4.2. Short-Term Responses and Lag Effects

The cross-correlation heatmaps (Figure 11a–u) presented detailed insights into the temporal dynamics between hydrometeorological drivers and water quality responses. Most parameters, including water temperature and dissolved oxygen, responded almost instantaneously to air temperature changes, reflecting rapid heat exchange and immediate oxygen solubility adjustments. Electrical conductivity and organic pollution similarly exhibited near-zero lag responses to meteorological drivers, confirming their short-term sensitivity to flow and atmospheric fluctuations.
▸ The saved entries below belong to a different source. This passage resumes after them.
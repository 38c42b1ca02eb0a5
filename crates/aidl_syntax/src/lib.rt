//! The tokens and the trees of a file, as plain types, and the definitions of what stands for what.
#![tactic(auto)]

mod laws;
mod token;
mod tree;

pub use aidl_base::Reserved;
pub use laws::{law_tokens, law_tree};
pub use token::{Symbol, Token, TokenKind};
pub use tree::{
    AnnotTree, ArgTree, BodyTree, ConstantTree, DeclTree, DottedTree, EnumeratorTree, ExprKind,
    ExprTree, FieldTree, FileTree, InitTree, MemberTree, MethodTree, NameTree, ParamTree,
    ParsedFile, TypeTree, WayTree,
};
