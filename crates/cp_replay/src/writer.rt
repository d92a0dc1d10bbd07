//! Who writes in a script.
ghost use Rattle.std.specs.Prelude.{◌≡◌};
ghost use Rattle.cp_replay.specs.Writers.{is_before, is_same};

/// A client that puts, and the family of the block.
#[derive(Clone, Copy, Debug, PartialEq, Eq)]
pub struct Writer {
    pub family: u32,
    pub client: u32,
}

impl Writer {
    // Whether it comes before the other, by family and then by client.
    pub(crate) fn is_before(self, other: Writer) -> bool
        ensures { result ≡ is_before self other }
    {
        self.family < other.family || self.family == other.family && self.client < other.client
    }

    // Whether both are one.
    pub(crate) fn is_same(self, other: Writer) -> bool
        ensures { result ≡ is_same self other }
    {
        self.family == other.family && self.client == other.client
    }
}
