//! What a replay printed, and its files.

use crate::EpochFiles;
use cp_bytes::Bytes;

/// What a replay printed, and the files that it leaves (this project's own).
#[derive(Debug, Drop)]
pub struct Replayed {
    /// The store's key.
    pub key: [u8; 56],
    /// The printed lines, each with its end.
    pub text: Bytes,
    /// The envelopes of the attestations of all calls that were answered with one, in order.
    pub handins: Bytes,
    /// The files of the closed epochs, from epoch 1 on.
    pub epochs: Vec<EpochFiles>,
}
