//! Why bytes aren't read as a script.

use cp_bytes::OutOfMemory;

/// Why bytes aren't read as a script.
#[derive(Clone, Copy, Debug, PartialEq, Eq)]
pub enum ScriptRefusal {
    /// The line whose first byte stands at the offset `at` is no line of a script.
    Malformed { at: u64 },
    /// Memory is wanted.
    OutOfMemory,
}

impl From<OutOfMemory> for ScriptRefusal {
    ghost use Rattle.std.specs.Prelude.{◌≡◌};
    ghost use Rattle.cp_replay.specs.declared.script_refusal.ScriptRefusal.TheVariants.{OutOfMemory as wants_memory};

    ghost from_gives = { λ _ result. result ≡ wants_memory };

    fn from(_error: OutOfMemory) -> ScriptRefusal {
        ScriptRefusal::OutOfMemory
    }
}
Figure 11. (a) Cross-Correlation Heatmap: Rainfall_Avg vs. Turbidity. (b) Cross-Correlation Heatmap: Rainfall_Avg vs. pH. (c) Cross-Correlation Heatmap: Rainfall_Avg vs. Electrical Conductivity. (d) Cross-Correlation Heatmap: Rainfall_Avg vs. Dissolved Oxygen. (e) Cross-Correlation Heatmap: Rainfall_Avg vs. Water Temperature. (f) Cross-Correlation Heatmap: Rainfall_Avg vs. Ammonia. (g) Cross-Correlation Heatmap: Rainfall_Avg vs. Organic Pollution. (h) Cross-Correlation Heatmap: Riverflow_Avg vs. Turbidity. (i) Cross-Correlation Heatmap: Riverflow_Avg vs. Electrical Conductivity. (j) Cross-Correlation Heatmap: Riverflow_Avg vs. pH. (k) Cross-Correlation Heatmap: Riverflow_Avg vs. Dissolved Oxygen. (l) Cross-Correlation Heatmap: Riverflow_Avg vs. Water Temperature. (m) Cross-Correlation Heatmap: Riverflow_Avg vs. Ammonia. (n) Cross-Correlation Heatmap: Riverflow_Avg vs. Organic Pollution. (o) Cross-Correlation Heatmap: AirTemp_Avg vs. Turbidity. (p) Cross-Correlation Heatmap: AirTemp_Avg vs. Electrical Conductivity. (q) Cross-Correlation Heatmap: AirTemp_Avg vs. pH. (r) Cross-Correlation Heatmap: AirTemp_Avg vs. Dissolved Oxygen. (t) Cross-Correlation Heatmap: AirTemp_Avg vs. Ammonia. (s) Cross-Correlation Heatmap: AirTemp_Avg vs. Water Temperature. (u) Cross-Correlation Heatmap: AirTemp_Avg vs. Organic Pollution. Blue markers represent the cross-correlation coefficient at each time lag, and the red horizontal line indicates zero correlation as a reference baseline.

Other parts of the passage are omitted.